**Work instruction:**
Copy each line of the records that includes "const".
*** Dataset excerpts Section Begins ***
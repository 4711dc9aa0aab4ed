//! The sizes of a heap, and whether they suit.

ghost use Rattle.std.specs.Prelude.{◌≡◌, ◌↔◌, ◌≤◌, ◌*◌, ◌/◌, IsOk, IsErr, IfErr, IsTrue};
ghost use Rattle.std.specs.Int.{is_power_of_two};
ghost use Rattle.heap_words.specs.Configs.{max_region_words, max_words, max_mutators, region_limit, heap_limit, count_limit, mutator_limit};
ghost use Rattle.heap_words.specs.Configs.{card_length, card_limit, card_words, object_limit, globals_in, registers_in, globals_of};
ghost use Rattle.heap_words.specs.Configs.{registers_of, Suits, HasRegions, HasWords, HasBuffer, HasMutators, HasCard, IsFirstFault};

use thiserror::Error;

/// The most words that an object has, so that its header can say its counts.
const MAX_OBJECT_WORDS: u64 = 1 << 24;

/// The most globals that a heap has.
const MAX_GLOBALS: u32 = 1 << 16;

/// The most registers that a mutator has.
const MAX_REGISTERS: u32 = 1 << 16;

/// The most roots that a heap has, globals and registers together.
const MAX_ROOTS: u64 = 1 << 20;

/// Which of the three heap lines gives the sizes. It sets their limits, the length of a card, and how many roots there are.
#[derive(Clone, Copy, Debug, PartialEq, Eq)]
pub enum Format {
    /// The line `heap`: 4,096 words a region and 1,048,576 in all at most, and cards of 8 words; up to 16 mutators with 8
    /// registers each, and 16 globals.
    V1,
    /// The line `heap2`: 16,384 words a region and 16,777,216 in all at most, and cards of so many words; roots as with `heap`.
    V2 {
        /// How many words a card has.
        card: u32,
    },
    /// The line `heap3`: up to 16,384 regions, 4,194,304 words a region and 2,147,483,648 in all; up to 64 mutators, and as many globals
    /// and registers as it says.
    V3 {
        /// How many words a card has.
        card: u32,
        /// How many globals there are.
        globals: u32,
        /// How many registers each mutator has.
        registers: u32,
    },
}

impl Format {
    /// The most words that a region has.
    fn region_limit(self) -> u32
        ensures { result ≡ region_limit self }
    {
        match self {
            Format::V1 => 1 << 12,
            Format::V2 { .. } => 1 << 14,
            Format::V3 { .. } => 1 << 22,
        }
    }

    /// The most words that a heap has.
    fn heap_limit(self) -> u64
        ensures { result ≡ heap_limit self }
    {
        match self {
            Format::V1 => 1 << 20,
            Format::V2 { .. } => 1 << 24,
            Format::V3 { .. } => 1 << 31,
        }
    }

    /// The most regions that a heap has.
    fn count_limit(self) -> u32
        ensures { result ≡ count_limit self }
    {
        match self {
            Format::V1 | Format::V2 { .. } => 1024,
            Format::V3 { .. } => 16_384,
        }
    }

    /// The most words that a card has.
    fn card_limit(self) -> u32
        ensures { result ≡ card_limit self }
    {
        match self {
            Format::V1 => 8,
            Format::V2 { .. } => 64,
            Format::V3 { .. } => 512,
        }
    }

    /// How many words a card has.
    fn card_length(self) -> u32
        ensures { result ≡ card_length self }
    {
        match self {
            Format::V1 => 8,
            Format::V2 { card } | Format::V3 { card, .. } => card,
        }
    }

    /// The most mutators that a heap has.
    fn mutator_limit(self) -> u32
        ensures { result ≡ mutator_limit self }
    {
        match self {
            Format::V1 | Format::V2 { .. } => 16,
            Format::V3 { .. } => 64,
        }
    }

    /// How many globals there are.
    fn globals(self) -> u32
        ensures { result ≡ globals_in self }
    {
        match self {
            Format::V1 | Format::V2 { .. } => 16,
            Format::V3 { globals, .. } => globals,
        }
    }

    /// How many registers each mutator has.
    fn registers(self) -> u32
        ensures { result ≡ registers_in self }
    {
        match self {
            Format::V1 | Format::V2 { .. } => 8,
            Format::V3 { registers, .. } => registers,
        }
    }
}

/// The sizes of a heap, as a heap line gives them.
#[derive(Clone, Copy, Debug, PartialEq, Eq)]
pub struct Config {
    /// Which heap line gives them.
    pub format: Format,
    /// How many regions there are.
    pub regions: u32,
    /// How many words a region has.
    pub words: u32,
    /// How many words an allocation buffer gets.
    pub buffer: u32,
    /// How many mutators there are.
    pub mutators: u32,
    /// The name of the first object.
    pub first_name: u64,
}

/// Why a heap could not be made.
#[derive(Clone, Copy, Debug, PartialEq, Eq, Error)]
pub enum NewFault {
    /// There are 2 to 1,024 regions, or to 16,384 in the third format.
    #[error("1 BadRegions")]
    BadRegions,
    /// A region has a power of two of words, 16 or more, and the heap at most the words of its format.
    #[error("2 BadWords")]
    BadWords,
    /// A buffer has 4 words or more, and at most half a region.
    #[error("3 BadBuffer")]
    BadBuffer,
    /// There are 1 to 16 mutators, or to 64 in the third format.
    #[error("4 BadMutators")]
    BadMutators,
    /// Memory was refused.
    #[error("5 NoMemory")]
    NoMemory,
    /// A card has 8, 16, 32 or 64 words, in the third format also 128, 256 or 512, and at most a region.
    #[error("6 BadCard")]
    BadCard,
    /// There are at most 65,536 globals.
    #[error("7 BadGlobals")]
    BadGlobals,
    /// A mutator has 1 to 65,536 registers.
    #[error("8 BadRegisters")]
    BadRegisters,
    /// There are at most 1,048,576 roots, globals and registers together.
    #[error("9 BadRoots")]
    BadRoots,
}

impl Config {
    /// Whether a heap can have these sizes. The fault is the first that holds, in the order of its type, and never
    /// `NoMemory`.
    pub fn check(&self) -> Result<(), NewFault>
        ensures suits { IsOk result ↔ Suits self.now }
        ensures first { IfErr result (IsFirstFault self.now) }
    {
        self.check_words()?;
        self.check_roots()
    }

    /// The same of regions, words, buffers, mutators and cards.
    fn check_words(&self) -> Result<(), NewFault>
        ensures regions { IsOk result → HasRegions self.now }
        ensures words { IsOk result → HasWords self.now }
        ensures buffer { IsOk result → HasBuffer self.now }
        ensures mutators { IsOk result → HasMutators self.now }
        ensures card { IsOk result → HasCard self.now }
        ensures first { IfErr result (IsFirstFault self.now) }
        ensures not { IsErr result → Suits self.now → ⊥ }
    {
        if self.regions < 2 || self.format.count_limit() < self.regions {
            return Err(NewFault::BadRegions);
        }
        if !self.words.is_power_of_two()
            || self.words < 16
            || self.format.region_limit() < self.words
        {
            return Err(NewFault::BadWords);
        }
        if self.format.heap_limit() < u64::from(self.regions) * u64::from(self.words) {
            return Err(NewFault::BadWords);
        }
        if self.buffer < 4 || self.words / 2 < self.buffer {
            return Err(NewFault::BadBuffer);
        }
        if self.mutators < 1 || self.format.mutator_limit() < self.mutators {
            return Err(NewFault::BadMutators);
        }
        let card = self.card_words();
        if !card.is_power_of_two()
            || card < 8
            || self.format.card_limit() < card
            || self.words < card
        {
            return Err(NewFault::BadCard);
        }
        Ok(())
    }

    /// The same of roots, where the other sizes suit.
    fn check_roots(&self) -> Result<(), NewFault>
        requires regions { HasRegions self.now }
        requires words { HasWords self.now }
        requires buffer { HasBuffer self.now }
        requires mutators { HasMutators self.now }
        requires card { HasCard self.now }
        ensures suits { IsOk result ↔ Suits self.now }
        ensures first { IfErr result (IsFirstFault self.now) }
    {
        let globals = self.globals();
        if MAX_GLOBALS < globals {
            return Err(NewFault::BadGlobals);
        }
        let registers = self.registers();
        if registers < 1 || MAX_REGISTERS < registers {
            return Err(NewFault::BadRegisters);
        }
        let all = u64::from(globals) + u64::from(registers) * u64::from(self.mutators);
        if MAX_ROOTS < all {
            return Err(NewFault::BadRoots);
        }
        Ok(())
    }

    /// How many words a card has: a region is a whole number of cards.
    pub fn card_words(&self) -> u32
        ensures { result ≡ card_words self.now }
    {
        self.format.card_length()
    }

    /// The most words that an object has: those of the heap, and no more than a header can say.
    pub fn object_limit(&self) -> u64
        ensures { result ≡ object_limit self.now }
    {
        let words = u64::from(self.regions) * u64::from(self.words);
        words.min(MAX_OBJECT_WORDS)
    }

    /// How many globals there are.
    pub fn globals(&self) -> u32
        ensures { result ≡ globals_of self.now }
    {
        self.format.globals()
    }

    /// How many registers each mutator has.
    pub fn registers(&self) -> u32
        ensures { result ≡ registers_of self.now }
    {
        self.format.registers()
    }
}

/// What is known of sizes that suit: the limits of all formats, that a card's length is a power of two, and that a region
/// is a whole number of cards.
pub fn config_law()
    ensures region { (c : Config) → Suits c → c.words ≤ max_region_words }
    ensures heap { (c : Config) → Suits c → c.regions * c.words ≤ max_words }
    ensures mutators { (c : Config) → Suits c → c.mutators ≤ max_mutators }
    ensures power { (c : Config) → Suits c → IsTrue (is_power_of_two (card_words c)) }
    ensures cards { (c : Config) → Suits c → c.words ≡ c.words / card_words c * card_words c }
{}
*** Dataset excerpts Section Ends ***
**Response for this exercise:**
const MAX_OBJECT_WORDS: u64 = 1 << 24;
const MAX_GLOBALS: u32 = 1 << 16;
const MAX_REGISTERS: u32 = 1 << 16;
const MAX_ROOTS: u64 = 1 << 20;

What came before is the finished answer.